Below, we document the different config templates used in the benchmark.

Training#

This config can be used for both training a model from scratch and pre-training a model.

config/train.yaml#

# @package _global_

# === 1. Set config parameters ===
name: "" # default name for the experiment, "" means logger (eg. wandb) will generate a unique name
seed: 52 # seed for random number generators in pytorch, numpy and python.random
num_workers: 16 # number of subprocesses to use for data loading.

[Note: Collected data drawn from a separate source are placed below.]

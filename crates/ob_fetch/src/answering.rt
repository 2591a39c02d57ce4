//! The values of the keys that a batch asks for.

ghost use Rattle.std.specs.Prelude.{◌≡◌, length};
ghost use Rattle.ob_fetch.specs.Fetches.{values_asked, row_asked};

use ob_base::{Key, Value};
use ob_tables::Stash;

// The value of an asked key; none for a pad.
fn value_for(stash: &Stash, ask: Option<Key>) -> Option<Value>
    ensures { result ≡ row_asked stash.now.rows ask }
{
    match ask {
        Some(key) => stash.get(key),
        None => None,
    }
}

/// Gives each place the value of its key in the stash, or none for a pad.
pub fn answer_all(stash: &Stash, asks: &[Option<Key>], out: &mut [Option<Value>])
    requires room { length out.old ≡ length asks.now }
    ensures { out.new ≡ values_asked stash.now.rows asks.now }
{
    for i in 0..asks.len() {
        out[i] = value_for(stash, asks[i]);
    }
}
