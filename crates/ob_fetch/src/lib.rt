//! A read batch of a ring store: its words drawn, its record kept in the log, its slots planned,
//! read, shown and settled, and its keys answered.
#![tactic(auto)]

mod answering;
mod beginning;
mod drawing;
mod fetching;
mod run;

pub use drawing::{draw_front, front};
pub use fetching::fetch;
pub use run::Run;
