//! The beginning of a read batch: its words, and its record in the log.

ghost use Rattle.std.specs.Prelude.{◌≡◌, ◌⊎◌, ◌<◌, ◌≤◌, ◌+◌, ◌%◌, ◌^◌, ℕ, List, [], ◌∷◌, ◌++◌, MatchBool, Some, None, length, take, slice_index_or, OnOk, IfErr};
ghost use Rattle.ob_base.specs.Layout.{log_cell, record_cells};
ghost use Rattle.ob_base.specs.declared.fault.Fault.TheVariants as fault;
ghost use Rattle.ob_cells.specs.Writes.{Seals, WritesWithin};
ghost use Rattle.ob_log.specs.Appends.{AppendStages, HoldsOneOf, HoldsRecord, append_notes, record_for};
ghost use Rattle.ob_log.specs.Logs.{BatchRecord, OpenRecords, RecordObeys};
ghost use Rattle.ob_pads.specs.Seals.{CellsAreSealed};
ghost use Rattle.ob_store.specs.Calls.{IsStoreFault, Serves};
ghost use Rattle.ob_store.specs.Disk.{Image};
ghost use Rattle.ob_store.specs.Images.{IsSynced, LeavesOnly};
ghost use Rattle.ob_store.specs.Told.{Does};
ghost use Rattle.ob_fetch.specs.Fetches.{DrawsWords, IsWornForBatch, words_since};

use crate::drawing::{draw_front, front};
use crate::run::Run;
use ob_base::{Fault, Key, NUMBER_LIMIT, Params, record_cells};
use ob_log::append;
use ob_seal::{Sealer, Tape};
use ob_store::{Store, Watch};

/// Whether so many words or seals aren't left.
pub fn is_worn(run: &Run) -> bool
    requires drawn { run.now.drawn ≤ 2 ^ 62 }
    ensures { MatchBool result (IsWornForBatch run.now)
        ((run.now.drawn + run.now.params.places ≤ 2 ^ 62)
        × (run.now.sealer.next + record_cells run.now.params ≤ 2 ^ 62)) }
{
    let (_, next) = run.sealer.next();
    let places = run.params.places as u64;
    NUMBER_LIMIT - run.drawn < places || NUMBER_LIMIT - next < record_cells(&run.params)
}

/// Draws the words of a batch, and keeps its record in the log.
pub fn begin_batch<S: Store, T: Tape, W: Watch>(
    store: &mut S,
    tape: &mut T,
    sealer: &mut Sealer,
    words: &mut Vec<u64>,
    p: &Params,
    epoch: u64,
    batch: u32,
    first: u64,
    asks: &[Option<Key>],
    watch: &mut W,
) -> Result<(), Fault>
    requires none_out { (S.disk store.old).out ≡ 0 }
    requires batch { batch < p.now.batches }
    requires epoch { epoch ≤ 2 ^ 62 }
    requires generation { sealer.old.generation < 2 ^ 62 }
    requires first { first ≡ length (T.drawn tape.old) }
    requires words_left { first + p.now.places ≤ 2 ^ 62 }
    requires seals_left { sealer.old.next + record_cells p.now ≤ 2 ^ 62 }
    requires room { p.now.places ≤ length words.old.items }
    requires asks { length asks.now ≡ p.now.places }
    requires keys_low { (i k : ℕ) → slice_index_or asks.now i None ≡ Some k → k < p.now.keys }
    requires keys_apart { (i j k : ℕ) → slice_index_or asks.now i None ≡ Some k
        → slice_index_or asks.now j None ≡ Some k → i ≡ j }
    ensures serves { Serves IsStoreFault (S.disk store.old) (S.disk store.new) result }
    ensures faults { IfErr result (λ f. f ≡ fault.StoreFault None) }
    ensures room { length words.new.items ≡ length words.old.items }
    ensures draws { DrawsWords p.now.places (T.drawn tape.old) (T.drawn tape.new) }
    ensures words { take p.now.places words.new.items
        ≡ words_since (T.drawn tape.old) (T.drawn tape.new) }
    ensures same { T.present tape.new ≡ T.present tape.old }
    ensures seals { Seals (record_cells p.now) sealer.old sealer.new result }
    ensures obeys { RecordObeys p.now batch (record_for sealer.old batch first asks.now
        (words_since (T.drawn tape.old) (T.drawn tape.new))) }
    ensures written { (S.disk store.old).tells
        → OnOk result (HoldsRecord sealer.old.keys p.now epoch batch (record_for sealer.old batch
        first asks.now (words_since (T.drawn tape.old) (T.drawn tape.new)))
        (S.disk store.new).cells) }
    ensures within { WritesWithin (log_cell p.now (epoch % 2) batch 0) (record_cells p.now + 1)
        (S.disk store.old) (S.disk store.new) }
    ensures durable { (S.disk store.old).tells → OnOk result (IsSynced (S.disk store.new)) }
    ensures sealed { (S.disk store.old).tells → OnOk result (CellsAreSealed sealer.old sealer.new
        (S.disk store.old).cells (S.disk store.new).cells) }
    ensures open { (rs : List BatchRecord) → (S.disk store.old).tells → length rs ≡ batch
        → OpenRecords sealer.old.keys p.now epoch rs (S.disk store.old).cells
        → OnOk result ((c : Image) → (S.disk store.new).may_leave c
        → OpenRecords sealer.old.keys p.now epoch (rs ++ record_for sealer.old batch first asks.now
        (words_since (T.drawn tape.old) (T.drawn tape.new)) ∷ []) c) }
    ensures images { (rs : List BatchRecord) → (S.disk store.old).tells
        → IsSynced (S.disk store.old) → length rs ≡ batch
        → OpenRecords sealer.old.keys p.now epoch rs (S.disk store.old).cells
        → LeavesOnly (S.disk store.old) (S.disk store.new) (HoldsOneOf sealer.old.keys p.now epoch
        rs (record_for sealer.old batch first asks.now
        (words_since (T.drawn tape.old) (T.drawn tape.new)))) }
    ensures stages { AppendStages S.disk sealer.old.keys p.now epoch batch (record_for sealer.old
        batch first asks.now (words_since (T.drawn tape.old) (T.drawn tape.new))) store.old
        store.new (W.trace watch.old) (W.trace watch.new) result }
    ensures does { Does (append_notes p.now epoch batch) (S.disk store.old).seen
        (S.disk store.new).seen (W.trace watch.old) (W.trace watch.new) result }
{
    let places = p.places as usize;
    draw_front(tape, words, places);
    let words = front(words, places);
    append(store, sealer, p, epoch, batch, first, asks, words, watch)
}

# === 2. Specify defaults here. Defaults will be overwritten by equivalently named options in this file ===
defaults:
  - env: default
  - dataset: cath
  - features: ca_seq
  - encoder: egnn
  - decoder: default
  - transforms: default
  - callbacks: default
  - optimiser: adam
  - scheduler: none
  - trainer: gpu
  - extras: default
  - hydra: default
  - metrics: none
  - task: inverse_folding
  - logger: csv # Also supported: tensorboard, wandb
  # debugging config (enable through command line, e.g. `python train.py debug=default)
  - debug: null
  - optional hparams: ${encoder}_${features}
  - _self_ # see: https://hydra.cc/docs/upgrades/1.0_to_1.1/default_composition_order/. Adding _self_ at bottom means values in this file override defaults.

task_name: "train"
test: False
#compile: True

Finetuning#

This config should be used to finetune a pre-trained model on a downstream task.

config/finetune.yaml#

# @package _global_

# === 1. Set config parameters ===
name: "" # default name for the experiment, "" means logger (eg. wandb) will generate a unique name
seed: 52 # seed for random number generators in pytorch, numpy and python.random
num_workers: 16 # number of subprocesses to use for data loading.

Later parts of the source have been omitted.